Being heralded as the world’s most popular musical comes with a certain cost. ‘Les Miserables’ – like ‘Phantom of the Opera’ and ‘Cats’ – has proven its worth worldwide since it first opened almost three decades ago, and also became a film that got a number of Oscar nods last year. As one of the British blockbusters of the 80’s, it was saddled with the reputation of the others as featuring spectacle and production cost over lasting substance. In the ensuing years, the musical proved the ‘lasting’ part, but the hum-drum lyrics and sometimes convoluted story-line never quite pushed it into the critically-lauded category. Those shortcomings, however, haven’t been able to touch the moving melodies of the music – and I’ve always contended that this is the real secret to the enduring appeal of the musical. That music remains intact here, taking pride of place in the production currently staging its glorious coup at the Cohoes Music Hall.

By this point in its decade-plus tenure, the Cohoes Music Hall has nothing left to prove. They have done old-fashioned traditional musicals to perfection (‘Hello Dolly!‘, ‘The Pirates of Penzance‘ and ‘Cabaret‘ ) and brought renewed vigor to the newer (now older) hits like ‘Cats‘ and ‘Sunset Boulevard‘. ‘Les Miserables’, with its voluminous cast and thundering ensemble numbers might have proved a formidable challenge, but under the direction of Jim Charles, cast and crew rise to the occasion.

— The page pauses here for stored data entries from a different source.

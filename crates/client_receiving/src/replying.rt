// The host's reply to a command that awaits it, and what was kept back behind that command.
ghost use Rattle.std.specs.Prelude.{◌≡◌, true, List, ℕ, ◌≤◌, min, length};
ghost use Rattle.refusal.specs.Output.{said};
ghost use Rattle.stanza.specs.Grammar.{stanza_text};
ghost use Rattle.stanza.specs.Writing.{is_writable};
ghost use Rattle.responses.specs.Responses.{response_line};
ghost use Rattle.session.specs.Session.{session_of};
ghost use Rattle.conversation.specs.Kinds.{Buffers};
ghost use Rattle.conversation.specs.TurnsTwo.{due_in};
ghost use Rattle.phase_one.specs.PhaseOne.{BuffersOne};
ghost use Rattle.phase_two.specs.Entering.{AreLong};
ghost use Rattle.chunks.specs.Taking.{client, taken_text};
ghost use Rattle.chunks.specs.Chunks.{reply_ahead, judged, replied};
ghost use Rattle.chunks.specs.Uncut.{is_waiting};
ghost use Rattle.intake.specs.Intake.{intake_of, received_said, stored_in};
ghost use Rattle.client_room.specs.Room.{has_room};
ghost use Rattle.client_receiving.specs.Replying.{due_sized, answered_with};
ghost use Rattle.client_receiving.specs.Texts.{lent};

use crate::texts::take_text;
use intake::{Received, begin};
use refusal::Refusal;
use responses::Response;
use session::{Phase, Session};

// How many bytes a reply has: 13 or 14 where none is due, 12 where it does not fit the command, then 17.
fn reply_size(phase: Phase, response: Response, body: &[u8]) -> Result<usize, Refusal>
    ensures { said result ≡ due_sized (due_in phase) response body.now }
{
    let word = intake::answer_due(phase)?;
    if !responses::fits_whole(word, response, body.len()) {
        return Err(Refusal::UnfitResponse);
    }
    responses::size(response, body)
}

// Whether a response of so many bytes has room, and behind it bytes that were kept back.
fn reply_has_room(
    session: Session,
    size: usize,
    back: &[u8],
    room: usize,
    slots: &[[usize; 4]; Session::OTHER_SLOTS],
    header_slots: &[[usize; 4]; Session::HEADER_STANZAS],
    errors: usize,
    stanzas: usize,
    returned: usize,
) -> bool
    ensures { (w a : List ℕ) (b : Buffers) → length w ≡ size → AreLong b.second errors stanzas returned →
        result ≡ has_room (reply_ahead w (taken_text client (session_of session slots.now header_slots.now) b a back.now)) room }
{
    if room < size {
        return false;
    }
    client_room::text_has_room(
        session,
        back,
        room - size,
        slots,
        header_slots,
        errors,
        stanzas,
        returned,
    )
}

// A response of so many bytes, and behind it bytes that were kept back: 15 of the whole.
fn reply_ahead(
    session: Session,
    response: Response,
    body: &[u8],
    size: usize,
    back: &[u8],
    input: &mut [u8],
    slots: &mut [[usize; 4]; Session::OTHER_SLOTS],
    header_slots: &[[usize; 4]; Session::HEADER_STANZAS],
    errors: &mut [u8],
    stanzas: &mut [u8],
    returned: &mut [u8],
    out: &mut [u8],
) -> Received
    requires { (is_writable (response_line response) body.now ≡ true) × (size ≡ length (stanza_text (response_line response) body.now)) ×
        (16384 ≤ length input.old) }
    ensures outcome { (b : BuffersOne) → received_said client result slots.new header_slots.now input.new
        (lent b errors.new stanzas.new returned.new) out.new ≡
        judged (intake_of client session slots.old header_slots.now input.old)
        (lent b errors.old stanzas.old returned.old) out.old
        (answered_with (session_of session slots.old header_slots.now)
        (lent b errors.old stanzas.old returned.old) response body.now back.now) }
    ensures input { input.new ≡
        stored_in (intake_of client result.session slots.new header_slots.now input.new) input.old }
    ensures name { result.session.name ≡ session.name }
{
    let answered = session.moved(Phase::Two, session.tables);
    let room = out.len();
    if !reply_has_room(
        answered,
        size,
        back,
        room,
        slots,
        header_slots,
        errors.len(),
        stanzas.len(),
        returned.len(),
    ) {
        return intake::leave(session, Refusal::ShortOutput);
    }
    let _ = responses::write(response, body, out);
    let begun = begin(answered, size);
    take_text(
        begun,
        back,
        input,
        slots,
        header_slots,
        errors,
        stanzas,
        returned,
        out,
    )
}

// So many bytes of the input, as many as a stanza has at most. A session that is made up may say more.
fn at_most_longest(n: usize) -> usize
    ensures { result ≡ min n 8192 }
{
    n.min(stanza::LONGEST)
}

// A response of so many bytes, where bytes were kept back: they are copied first, for the input is written anew.
fn reply_back(
    session: Session,
    response: Response,
    body: &[u8],
    size: usize,
    input: &mut [u8],
    slots: &mut [[usize; 4]; Session::OTHER_SLOTS],
    header_slots: &[[usize; 4]; Session::HEADER_STANZAS],
    errors: &mut [u8],
    stanzas: &mut [u8],
    returned: &mut [u8],
    out: &mut [u8],
) -> Received
    requires { (is_writable (response_line response) body.now ≡ true) × (size ≡ length (stanza_text (response_line response) body.now)) ×
        (16384 ≤ length input.old) × (is_waiting client session.phase ≡ true) }
    ensures outcome { (b : BuffersOne) → received_said client result slots.new header_slots.now input.new
        (lent b errors.new stanzas.new returned.new) out.new ≡
        judged (intake_of client session slots.old header_slots.now input.old)
        (lent b errors.old stanzas.old returned.old) out.old
        (answered_with (session_of session slots.old header_slots.now)
        (lent b errors.old stanzas.old returned.old) response body.now
        (intake_of client session slots.old header_slots.now input.old).kept) }
    ensures input { input.new ≡
        stored_in (intake_of client result.session slots.new header_slots.now input.new) input.old }
    ensures name { result.session.name ≡ session.name }
{
    let at = at_most_longest(session.awaited);
    let kept = at_most_longest(session.kept);
    let end = at + kept;
    let mut store = [0u8; stanza::LONGEST];
    stanza::copy(&input[at..end], &mut store);
    reply_ahead(
        session,
        response,
        body,
        size,
        &store[..kept],
        input,
        slots,
        header_slots,
        errors,
        stanzas,
        returned,
        out,
    )
}

// The host's reply to the command that awaits it, with a body where the response has one. The response is written to the front of `out`, and what was kept
// back is received behind it: how many of its commands were taken and which was the last, how many bytes were written in all, and the session. 13, 14, 12, 17
// or 15 where the reply is refused: then nothing changes. Else a number is that of what was kept back, and the reply stands.
pub fn reply(
    session: Session,
    response: Response,
    body: &[u8],
    input: &mut [u8; Session::CLIENT_INPUT],
    slots: &mut [[usize; 4]; Session::OTHER_SLOTS],
    header_slots: &[[usize; 4]; Session::HEADER_STANZAS],
    errors: &mut [u8],
    stanzas: &mut [u8],
    returned: &mut [u8],
    out: &mut [u8],
) -> Received
    ensures outcome { (b : BuffersOne) → received_said client result slots.new header_slots.now input.new
        (lent b errors.new stanzas.new returned.new) out.new ≡
        replied (intake_of client session slots.old header_slots.now input.old)
        (lent b errors.old stanzas.old returned.old) response body.now out.old }
    ensures input { input.new ≡
        stored_in (intake_of client result.session slots.new header_slots.now input.new) input.old }
    ensures name { result.session.name ≡ session.name }
{
    let phase = session.phase;
    let sized = reply_size(phase, response, body);
    match sized {
        Err(r) => intake::leave(session, r),
        Ok(size) => {
            if session.kept == 0 {
                return reply_ahead(
                    session,
                    response,
                    body,
                    size,
                    &body[..0],
                    input,
                    slots,
                    header_slots,
                    errors,
                    stanzas,
                    returned,
                    out,
                );
            }
            reply_back(
                session,
                response,
                body,
                size,
                input,
                slots,
                header_slots,
                errors,
                stanzas,
                returned,
                out,
            )
        }
    }
}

Without a fifty-piece orchestra, or even amplification for that matter, the players here produce such powerful effect that it seems sometimes as if they are multiplying – so rich and full are the voices, so expansive the instrumentation. The musical direction of Charlotte Evans, and the addition of a few extra members in the orchestra pit, make such epic grandeur possible. Ms. Evans is the unsung star of this show, deftly keeping a steady pace of non-stop music, eliciting bombast when necessary and quieter jewels that still sparkle.

As for the cast, Austin Riley Green is an adequate Jean Valjean, but it’s his adversary Javert, as played by Jim Charles (doing double duty as leading player and director), who provided the stoic, yet emotional, heft of the show. This was my first time seeing Mr. Charles in a lead role at the theater (how is that even possible?) and he was a highlight of this production. As the noble-but-villain-by-default Javert, he’s saddled with the difficult role of being the unyielding, yet ultimately self-defeating, bearer of strict justice. Not once does he sway from his course, even in the face of convincing moral ambiguity, and the usually gregarious Mr. Charles never breaks stride in this convincingly powerful turn.

As I said, the power of this show lies within its music. All of its greatest and most well-known songs are represented well here, including ‘I Dreamed A Dream’ and ‘On My Own’, but it’s the ensemble pieces that rouse the most – from the inspiring ‘Do You Hear the People Sing’ to the ‘One Day More’ Act I closing montage that ties all the characters and their musical motifs together into one amazing production number.

A musical about the bloody French Revolution will always sound odd on paper, but when set to music like this – and put on with the professional panache of the players here – it works like magic.

‘Les Miserables’ runs at the Cohoes Music Hall through October 13, 2013.